What the task asks:
The count of lines below that include the string "copied" is the whole answer.

(Stored items)
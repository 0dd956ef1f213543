//! The value of a key.
ghost use Rattle.std.specs.Prelude.{◌≡◌, ◌++◌, OnOk, OnErr};
ghost use Rattle.ov_base.specs.Lemmas.{exact_tests};
ghost use Rattle.ov_base.specs.Value.{IsValue, or_zero, value_text, value_of};
ghost use Rattle.ov_base.specs.Word.{Reads};

use crate::amount::Amount;
use crate::memory::Memory;
use crate::plain::Plain;

/// What a key has: nothing, or an amount (docs/STORE.md, Values).
#[derive(Clone, Copy, Debug, PartialEq, Eq)]
pub enum Value {
    /// The key is absent.
    Absent,
    /// The key has this amount.
    Number(Amount),
}

impl Value {
    /// Its amount; an absent value counts as 0.
    pub fn or_zero(self) -> Amount
        ensures { result ≡ or_zero self }
    {
        match self {
            Value::Absent => Amount::ZERO,
            Value::Number(amount) => amount,
        }
    }

    /// The value that the bytes spell: `absent`, or an amount. None exactly where they spell none. Does
    /// not allocate.
    pub fn parse(text: &[u8]) -> Option<Value>
        ensures exact { result ≡ value_of text.now }
        ensures reads { Reads value_text IsValue text.now result }
    {
        value_read(text)
    }

    /// Writes the one spelling at the end: `absent`, or the amount. On an error the text is as before.
    pub fn print_to(&self, text: &mut Vec<u8>) -> Result<(), Memory>
        ensures ok { OnOk result (text.new.items ≡ text.old.items ++ value_text self.now) }
        ensures err { OnErr result (text.new.items ≡ text.old.items) }
    {
        match self {
            Value::Absent => Ok(text.extend_from_slice(b"absent")?),
            Value::Number(amount) => amount.print_to(text),
        }
    }
}

#[tactic(auto, unfolding(crate::specs::Value::value_of))]
fn value_read(text: &[u8]) -> Option<Value>
    ensures { result ≡ value_of text.now }
{
    if text == b"absent".as_slice() {
        return Some(Value::Absent);
    }
    let amount = Amount::parse(text)?;
    Some(Value::Number(amount))
}

impl Plain for Value {
    ghost exact = { λ x y h. Prim.grind (exact_tests) };

    fn copy(&self) -> Result<Value, Memory> {
        Ok(*self)
    }
}
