//! Base types of the store: numbers, versions, amounts, values and keys, each with its one spelling, and
//! the list, the copies and the reader of texts of lines that every layer above uses.
//!
//! The promise to the layers above: contracts see a version as its number, an amount as a whole number, a
//! key as its bytes, a [`Sequence`] and a [`Shared`] as a list; `==` is equality of what contracts see; and a reader
//! returns a value exactly where the bytes are the one spelling of it.
//!
//! Start with [`Version`] and `specs/Word.antt`, which says what a reader promises; the lemmas that the
//! crates above cite are exported by `proofs/Lib.antt`.
#![tactic(auto)]

mod amount;
mod groups;
mod key;
mod lines;
mod memory;
mod number;
mod plain;
mod sequence;
mod shared;
mod small;
mod split;
mod value;
mod version;

pub use amount::Amount;
pub use groups::groups_at;
pub use key::{Key, repeats};
pub use lines::{FromLines, LineError, read_lines};
pub use memory::{Memory, push_within};
pub use number::{parse_number, parse_number_within, print_number};
pub use plain::{Plain, copied, same};
pub use sequence::Sequence;
pub use shared::Shared;
pub use small::SmallSet;
pub use split::{parts_at, split_at_byte};
pub use value::Value;
pub use version::{GATE_LIMIT, TIME_LIMIT, Version, print_mark};
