//! A list that is shared by all who have it.
ghost use Rattle.std.specs.Prelude.{◌≡◌, ◌==◌, length, IfOk};
ghost use Rattle.ov_base.specs.Exact.{lists_same};
ghost use Rattle.ov_base.specs.Lemmas.{lists_same-per, lists_same-equiv, lists_same-exact};

use crate::memory::Memory;
use crate::plain::Plain;
use std::alloc::Global;
use std::fmt;
use std::fmt::{Debug, Formatter, Write};
use std::marker::Model;
use std::sync::Arc;

/// A list of items that no one changes any more. A copy is one more owner of the same items, whatever their number. Contracts see
/// the list and nothing else.
#[derive(Drop)]
pub struct Shared<T> {
    items: Arc<Vec<T>>,
}

impl<T> Model for Shared<T> {
    ghost use Rattle.std.specs.Prelude.{List};
    ghost use Rattle.std.specs.Coded.{coded_list};
    ghost use Rattle.std.specs.Arc.{arc_value};

    ghost Value = { List T };

    ghost coded = { coded_list T.code };

    ghost view = { λ s. (arc_value s.items).items };
}

impl<T> Shared<T> {
    /// The list of these items. The only error is out of memory, and then they are dropped.
    pub fn of(items: Vec<T>) -> Result<Shared<T>, Memory>
    where
        T: Drop,
        ensures { IfOk result (λ s. s ≡ items.items) }
    {
        let alloc = *items.allocator();
        Ok(Shared {
            items: Arc::new(alloc, items)?,
        })
    }

    /// The items.
    pub fn as_slice(&self) -> &[T]
        ensures { result.now ≡ self.now }
    {
        (*self.items).as_slice()
    }

    /// How many items there are.
    pub fn len(&self) -> usize
        ensures { result ≡ length self.now }
    {
        self.as_slice().len()
    }

    /// The allocator of its items. Contracts do not see allocators.
    pub fn allocator(&self) -> Global {
        *(*self.items).allocator()
    }

    /// Whether there is no item.
    pub fn is_empty(&self) -> bool
        ensures { result ≡ (length self.now == 0) }
    {
        self.as_slice().is_empty()
    }
}

impl<T: Debug> Debug for Shared<T> {
    fn fmt<W: Write>(&self, f: &mut Formatter<W>) -> fmt::Result {
        f.debug_list().slice(self.as_slice()).finish()
    }
}

impl<T: PartialEq> PartialEq for Shared<T> {
    ghost eq = { lists_same T.eq };

    ghost laws = { lists_same-per T.laws };

    #[tactic(auto, unfolding(crate::specs::Exact::lists_same))]
    fn eq(&self, other: &Self) -> bool {
        self.as_slice() == other.as_slice()
    }
}

impl<T: Eq> Eq for Shared<T> {
    ghost laws = { lists_same-equiv T.Eq.laws };
}

impl<T: Plain> Plain for Shared<T> {
    ghost exact = { lists_same-exact T.PartialEq.eq T.exact };

    /// One more owner of the items: nothing is copied.
    fn copy(&self) -> Result<Self, Memory> {
        Ok(Shared {
            items: Arc::try_clone(&self.items)?,
        })
    }
}
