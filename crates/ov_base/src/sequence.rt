//! A `Vec` that contracts see as a list, for the fields of plain data.
ghost use Rattle.std.specs.Prelude.{◌≡◌, [], ◌∷◌, ◌++◌, ◌==◌, length, IfOk, OnOk, OnErr};
ghost use Rattle.ov_base.specs.Exact.{lists_same};
ghost use Rattle.ov_base.specs.Lemmas.{lists_same-per, lists_same-equiv, lists_same-exact};

use crate::memory::Memory;
use crate::plain::{Plain, copied};
use std::alloc::Global;
use std::marker::Model;

/// A list of items, which contracts see as that list and nothing else. It keeps its allocator.
#[derive(Debug, Drop)]
pub struct Sequence<T> {
    items: Vec<T>,
}

impl<T> Model for Sequence<T> {
    ghost use Rattle.std.specs.Prelude.{List};
    ghost use Rattle.std.specs.Coded.{coded_list};

    ghost Value = { List T };

    ghost coded = { coded_list T.code };

    ghost view = { λ s. s.items.items };
}

impl<T> Sequence<T> {
    /// The empty list. Does not allocate.
    pub fn new(alloc: Global) -> Sequence<T>
        ensures { result ≡ [] }
    {
        Sequence {
            items: Vec::new(alloc),
        }
    }

    /// The empty list, with room for so many items. The only error is out of memory.
    pub fn with_capacity(alloc: Global, items: usize) -> Result<Sequence<T>, Memory>
        ensures { IfOk result (λ s. s ≡ []) }
    {
        Ok(Sequence {
            items: Vec::with_capacity(alloc, items)?,
        })
    }

    /// An empty list of other items, over the same allocator. Does not allocate.
    pub fn empty<U>(&self) -> Sequence<U>
        ensures { result ≡ [] }
    {
        Sequence {
            items: Vec::new(*self.items.allocator()),
        }
    }

    /// The list of these items. Does not allocate.
    pub fn from_vec(items: Vec<T>) -> Sequence<T>
        ensures { result ≡ items.items }
    {
        Sequence { items }
    }

    /// The items, as a `Vec` again. Does not allocate.
    pub fn into_vec(self) -> Vec<T>
        ensures { result.items ≡ self }
    {
        self.items
    }

    /// The items.
    pub fn as_slice(&self) -> &[T]
        ensures { result.now ≡ self.now }
    {
        self.items.as_slice()
    }

    /// How many items there are.
    pub fn len(&self) -> usize
        ensures { result ≡ length self.now }
    {
        self.items.as_slice().len()
    }

    /// Whether there is no item.
    pub fn is_empty(&self) -> bool
        ensures { result ≡ (length self.now == 0) }
    {
        self.items.as_slice().is_empty()
    }

    /// Adds an item at the end. On an error the list is as before, and the item is dropped.
    pub fn push(&mut self, item: T) -> Result<(), Memory>
    where
        T: Drop,
        ensures ok { OnOk result (self.new ≡ self.old ++ item ∷ []) }
        ensures err { OnErr result (self.new ≡ self.old) }
    {
        match self.items.push(item) {
            Ok(()) => Ok(()),
            Err(_) => Err(Memory),
        }
    }
}

impl<T: PartialEq> PartialEq for Sequence<T> {
    ghost eq = { lists_same T.eq };

    ghost laws = { lists_same-per T.laws };

    #[tactic(auto, unfolding(crate::specs::Exact::lists_same))]
    fn eq(&self, other: &Self) -> bool {
        self.as_slice() == other.as_slice()
    }
}

impl<T: Eq> Eq for Sequence<T> {
    ghost laws = { lists_same-equiv T.Eq.laws };
}

impl<T: Plain + Drop> Plain for Sequence<T> {
    ghost exact = { lists_same-exact T.PartialEq.eq T.exact };

    fn copy(&self) -> Result<Self, Memory> {
        Ok(Sequence::from_vec(copied(*self.items.allocator(), self.as_slice())?))
    }
}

Output of the exercise:
4